Аккумуляторы формата AAA:
*Sanyo Eneloop AAA 800 mAh, HR-4UTGA, 1500 циклов* (упаковка: транспортировочный box) — 130 грн. за блок из 4-х аккумуляторов. _Осталось ограниченное количество._
*Sanyo Eneloop AAA 800 mAh, HR-4UTGB, 1800 циклов* (упаковка: транспортировочный box) — 140 грн. за блок из 4-х аккумуляторов.
*Sanyo Eneloop XX AAA 950 mAh, HR-4UWXB, 500 циклов* (упаковка: блистер) — 200 грн. за блок из 4-х аккумуляторов. _Пока только под заказ._

Аксессуары:
*Sanyo Eneloop Case* — 20 грн. за фирменный кейс. _Осталось ограниченное количество._

Зарядные устройства:
*Technoline BC-700* — 390 грн. за зарядное устройство.

Выдача происходит:

Таирова: Королева / Вильямса (в большинстве случаев заказ можно получить в тот же день).
Центр: Пушкинская / М. Арнаутская.
Котовского: Добровольского / Бочарова (в большинстве случаев заказ можно получить в тот же день).

*Звоните: (095) 508-01-24, (097) 140-13-19, (093) 140-51-14!*
Договоримся!

----------


## rus_ua

Добрый день, видел у вас тут сообщение о фонарях. Есть ли у вас они в продаже? Если да, то какие?

----------


## seventhstone

> Здравствуйте, хотел узнать не продаете ли вы хорошие не сильно дорогие фонари под аккумуляторы АА или ААА?


 


> Добрый день, видел у вас тут сообщение о фонарях. Есть ли у вас они в продаже? Если да, то какие?

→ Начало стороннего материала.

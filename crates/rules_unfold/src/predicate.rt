//! The predicate of a stored atom.

ghost use Rattle.std.specs.Prelude.{◌≡◌, ◌<◌, IfOk, length};
ghost use Rattle.clp_model.specs.Predicates.{predicate_of};
ghost use Rattle.clause_store.specs.Stored.{atom_at};

use clp_model::{Name, Pred};
use std::alloc::Global;
use term_store::{Look, NoMemory, Store, Term};

/// The predicate of an atom; a variable counts as an atom without a name.
#[tactic(auto, using(crate::proofs::Atoms::of_app, crate::proofs::Atoms::of_var))]
pub(crate) fn pred_of(alloc: Global, store: &Store, atom: Term) -> Result<Pred, NoMemory>
    requires { atom < length store.now }
    ensures { IfOk result (λ p. p ≡ predicate_of (atom_at store.now atom)) }
{
    match store.look(atom) {
        Look::App(name, args) => Ok(Pred {
            name: Name::copy_of(alloc, name)?,
            arity: args.len() as u32,
        }),
        Look::Var(_, _) => Ok(Pred {
            name: Name::copy_of(alloc, "")?,
            arity: 0,
        }),
    }
}
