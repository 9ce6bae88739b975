//! The rule `define`.

ghost use Rattle.std.specs.Prelude.{◌≡◌, ◌⊎◌, ◌<◌, ◌∷◌, ◌++◌, [], Ok, Err, Some, None, OnOk, OnErr, IfOk, IfErr, length, false};
ghost use Rattle.map_model.specs.declared.refusal.Refusal.TheVariants.{NoMemory};
ghost use Rattle.clp_model.specs.Predicates.{predicate_of};
ghost use Rattle.clause_model.specs.Source.{source_of};
ghost use Rattle.clause_store.specs.Stored.{clause_in, IsStored};
ghost use Rattle.clause_loader.specs.WellFormed.{IsWellFormed};
ghost use Rattle.map_model.specs.Defining.{as_source, definition_broken, define_after, define_loaded};
ghost use Rattle.map_model.specs.Rewriting.{within_limits};
ghost use Rattle.map_state.specs.Seen.{state_of};
ghost use Rattle.map_state.specs.Changes.{IsChange, changed};

use crate::conditions::definition_broken;
use crate::predicate::pred_of;
use clause_loader::load_one;
use clause_source::source_of;
use clause_store::{Clause, SourceClause};
use map_state::{Change, Made, Refusal, State, Step, refusal_of, rewrite};
use sqlite_items::Items;
use std::alloc::Global;
use term_store::{NoMemory, Store};

/// `define H :- B`: a clause joins the program as the definition of the predicate of its head, unmarked, and is kept as
/// its definition for the whole run. The step is kept with the source of the loaded clause. Refused where the clause
/// isn't loaded (`Overflow(0)`, `TooLarge`, or `EmptyDefinition` where nothing solves its equations), and then by the
/// first condition that is broken: the predicate neither occurs in the program nor has a definition (`NotFresh`), the
/// head's arguments are variables, each another one (`HeadNotVariables`), there is an atom (`EmptyDefinition`), for each
/// atom in order its predicate has no definition and isn't the head's (`RecursiveDefinition`) and occurs in the program
/// (`UnknownPredicate`), and no variable is in the head alone or in rows alone (`LooseVariable`); then where a limit
/// would be past (`TooLarge`), or memory is wanting. The state then stays as it was. After Tamaki and Sato (1984).
pub fn define(state: &mut State, source: &SourceClause) -> Result<Step, Refusal>
    requires formed { IsWellFormed source.now }
    requires steps { length (state_of state.old).steps < 100000 }
    ensures accepted { OnOk result (define_after (state_of state.old) source.now ≡ Ok (state_of state.new)) }
    ensures filled { IfOk result (λ step. (state_of state.new).steps ≡ (state_of state.old).steps ++ step ∷ []) }
    ensures refused { IfErr result (λ e. (e ≡ Refusal.NoMemory) ⊎ (define_after (state_of state.old) source.now ≡ Err e)) }
    ensures unchanged { OnErr result (state_of state.new ≡ state_of state.old) }
{
    let change = prepare(state, source)?;
    rewrite(state, change)
}

/// What a definition changes, or its first broken condition.
fn prepare(state: &State, source: &SourceClause) -> Result<Change, Refusal>
    requires formed { IsWellFormed source.now }
    requires steps { length (state_of state.now).steps < 100000 }
    ensures accepted { IfOk result (λ change. define_after (state_of state.now) source.now ≡ within_limits (changed (state_of state.now) change)) }
    ensures change { IfOk result (λ change. IsChange (state_of state.now) change) }
    ensures refused { IfErr result (λ e. (e ≡ Refusal.NoMemory) ⊎ (define_after (state_of state.now) source.now ≡ Err e)) }
{
    let alloc = state.alloc();
    let mut scratch = Store::new(alloc);
    let clause = match load_one(alloc, &mut scratch, source) {
        Ok(Some(clause)) => clause,
        Ok(None) => return Err(Refusal::EmptyDefinition),
        Err(fault) => return Err(refusal_of(fault)),
    };
    if let Some(refusal) = definition_broken(state, &scratch, &clause)? {
        return Err(refusal);
    }
    Ok(defining(alloc, scratch, clause)?)
}

/// The change by which a clause joins as the definition of its predicate.
fn defining(alloc: Global, scratch: Store, clause: Clause) -> Result<Change, NoMemory>
    requires { IsStored scratch clause }
    ensures { IfOk result (λ change. change ≡ record {
      dead = [];
      made = record { clause = clause; mark = false; parents = [] } ∷ [];
      defines = Some (predicate_of (clause_in scratch clause).head);
      step = Step.Define (as_source (source_of (clause_in scratch clause)));
      scratch = scratch;
    }) }
{
    let pred = pred_of(alloc, &scratch, clause.head)?;
    let source = source_of(alloc, &scratch, &clause)?;
    let made = unmarked(alloc, clause)?;
    let mut change = Change::new(alloc, Step::Define { source }, scratch);
    change.made = made;
    change.defines = Some(pred);
    Ok(change)
}

/// The one new clause, which was made from none.
fn unmarked(alloc: Global, clause: Clause) -> Result<Items<Made>, NoMemory>
    ensures { IfOk result (λ made. made ≡ record { clause = clause; mark = false; parents = [] } ∷ []) }
{
    let mut made = Items::new(alloc);
    made.push(Made {
        clause,
        mark: false,
        parents: Items::new(alloc),
    })?;
    Ok(made)
}
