//! Rewrites constraint logic programs by scripts of steps: `map replay P S` writes the program that the script in file
//! S makes of the program in file P, and `map fill P S` writes the script with all its certificates.

#![tactic(auto)]

use map_main::{FileShelf, InputSource, OutputSink, Status, Words, map_run};
use std::process::ExitCode;
use std::{env, io};

fn main(rt: HostRuntime) -> ExitCode {
    let mut shelf = FileShelf::new(&rt);
    let mut input = InputSource::new(rt.reader());
    let mut out = OutputSink::new(io::writer(&rt));
    let status = match Words::of_args(rt.alloc(), env::args(&rt)) {
        Ok(words) => map_run(rt.alloc(), &words, &mut shelf, &mut input, &mut out),
        Err(no_memory) => Status::from(no_memory),
    };
    status.exit_code()
}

 Да. Очень скоро будут шикарные фонари работающие от пальчиковых аккумуляторов. Следите за обновлением темы!

----------


## Холодильщик

Спасибо, купил зарядку и упаковку аккумов, пока занимаюсь реанимацией и тестированием старых аккумов.
Вопрос а при установке качественных аккумов в зарядку должен показывать к примеру 2000 mah если на аккуме тоже написано ну или близко к номиналу, или я притормаживаю?

----------


## seventhstone

> Спасибо, купил зарядку и упаковку аккумов, пока занимаюсь реанимацией и тестированием старых аккумов.
> Вопрос а при установке качественных аккумов в зарядку должен показывать к примеру 2000 mah если на аккуме тоже написано ну или близко к номиналу, или я притормаживаю?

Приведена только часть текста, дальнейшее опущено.